Any phenomenon suspected of being a medical illness needs to be evaluated in the light of philosophical principles on which our notions of disease and health rest. Lacking precise laboratory and imaging diagnostic testing modalities of non-psychiatric medicine, psychiatry currently has no other choice but to rely almost exclusively on a system of value judgments as the building blocks of its knowledge base. Without such value judgments and without assumptions regarding what is real and what exists only in the mind of the patient there is no such thing as psychiatry. One may argue, as did the late Dr. Szasz, that a discipline based exclusively on such value judgments and assumptions has no place calling itself part of medicine. Not surprisingly, such an argument has not gathered many followers among practitioners of psychiatry. However, when it declares the transgender experience psychiatrically normal while considering numerous other experiences that have little basis in objective reality to be examples of mental pathology, official psychiatry tarnishes its own image as a legitimate medical specialty.

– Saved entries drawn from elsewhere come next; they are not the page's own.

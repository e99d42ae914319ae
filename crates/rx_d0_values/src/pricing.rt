ghost use Rattle.std.specs.Prelude.{◌≡◌};
ghost use Rattle.rx_fields.specs.declared.limits.TheConstants.{MOST_CENTS};

use rx_fields::MOST_CENTS;
use std::marker::Model;

/// The amounts of a paid claim, in cents.
#[derive(Clone, Copy, PartialEq, Eq)]
pub struct Amounts {
    /// The ingredient cost paid (506-F6).
    pub ingredient_cost: u64,
    /// The dispensing fee paid (507-F7).
    pub dispensing_fee: u64,
    /// The amount applied to the deductible (517-FH).
    pub deductible: u64,
    /// The copay (518-FI).
    pub copay: u64,
    /// The coinsurance (572-4U).
    pub coinsurance: u64,
}

/// How a claim is paid: cost and fee together at most 99,999,999 cents, of which the patient pays no more than all
/// (docs/FORMATS.md, "Books file"). Each amount is kept in four bytes.
#[derive(Clone, Copy, PartialEq, Eq)]
pub struct Pricing {
    ingredient_cost: u32,
    dispensing_fee: u32,
    deductible: u32,
    copay: u32,
    coinsurance: u32,
}

impl Model for Pricing {
    ghost use Rattle.rx_d0_values.specs.declared.pricing.Amounts.{Amounts};
    ghost use Rattle.rx_d0_values.specs.Priced.{IsPriced};

    ghost Value = { Amounts };

    ghost view = { λ p. record {
      ingredient_cost = p.ingredient_cost;
      dispensing_fee = p.dispensing_fee;
      deductible = p.deductible;
      copay = p.copay;
      coinsurance = p.coinsurance;
    } };

    ghost invariant = { λ p. IsPriced (record {
      ingredient_cost = p.ingredient_cost;
      dispensing_fee = p.dispensing_fee;
      deductible = p.deductible;
      copay = p.copay;
      coinsurance = p.coinsurance;
    }) };

    ghost inverse = { λ a. record {
      ingredient_cost = a.ingredient_cost;
      dispensing_fee = a.dispensing_fee;
      deductible = a.deductible;
      copay = a.copay;
      coinsurance = a.coinsurance;
    } };
}

ghost use Rattle.std.specs.Prelude.{◌+◌, ◌≤◌};
ghost use Rattle.rx_d0_values.specs.Priced.{IsPriced, pricing_of, allowed, patient_pay, total_paid};

impl Pricing {
    /// The pricing of these amounts; None where they pass the limits.
    pub fn new(amounts: Amounts) -> Option<Pricing>
        ensures { result ≡ pricing_of amounts }
    {
        let allowed = amounts.ingredient_cost.checked_add(amounts.dispensing_fee)?;
        let patient_pay = amounts
            .deductible
            .checked_add(amounts.copay)?
            .checked_add(amounts.coinsurance)?;
        if allowed > MOST_CENTS || patient_pay > allowed {
            return None;
        }
        Some(Pricing {
            ingredient_cost: amounts.ingredient_cost as u32,
            dispensing_fee: amounts.dispensing_fee as u32,
            deductible: amounts.deductible as u32,
            copay: amounts.copay as u32,
            coinsurance: amounts.coinsurance as u32,
        })
    }

    /// The amounts that it is made of.
    pub fn amounts(&self) -> Amounts
        ensures value { result ≡ self.now }
        ensures within { IsPriced self.now }
    {
        Amounts {
            ingredient_cost: u64::from(self.ingredient_cost),
            dispensing_fee: u64::from(self.dispensing_fee),
            deductible: u64::from(self.deductible),
            copay: u64::from(self.copay),
            coinsurance: u64::from(self.coinsurance),
        }
    }

    /// The patient pay amount (505-F5), in cents.
    pub fn patient_pay(&self) -> u64
        ensures value { result ≡ patient_pay self.now }
        ensures within { result ≤ MOST_CENTS }
    {
        u64::from(self.deductible) + u64::from(self.copay) + u64::from(self.coinsurance)
    }

    /// The total amount paid to the pharmacy (509-F9), in cents.
    pub fn total_paid(&self) -> u64
        ensures value { result ≡ total_paid self.now }
        ensures within { result ≤ MOST_CENTS }
    {
        u64::from(self.ingredient_cost) + u64::from(self.dispensing_fee) - self.patient_pay()
    }
}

Although issues pertaining to the negative public perception of transgender patients are certainly not trivial, they must not be confused with the real lesion of transgender disorder. To argue otherwise is akin to suggesting that the suffering and disability of schizophrenic patients is primarily a result of stigma against them. Although such statements have been made, they reflect an antipsychiatric stance typical of Dr. Szasz and his followers. Opinions often expressed in the psychiatric press to the effect that the suffering and disability of transgender people are primarily related to their negative reception by the public are ultimately grounded in sentiment instead of clinical judgment. Beyond their sentimentality such opinions are essentially antipsychiatric. It was the antipsychiatry psychiatrist Dr. Szasz who argued that only the body and not the internal experience of a person could be diseased. The notion prevalent in current psychiatry that there is nothing wrong with the internal experience of transgender patients and that it is their bodies that ought to be recipients of surgical and hormonal treatment is perfectly consistent with Szasz’s arguments. Extending such an argument further, if one accepts that there is no mental pathology in having a “gender identity” that is different from one’s physical anatomy, there is no reason to see mental pathology in any other experience of one’s identity that is at odds with physical reality. Oddly, this is how psychiatry dissolves itself into a nonentity. After all, if mental illness is, indeed, a myth, psychiatrists have no business being in the medical business.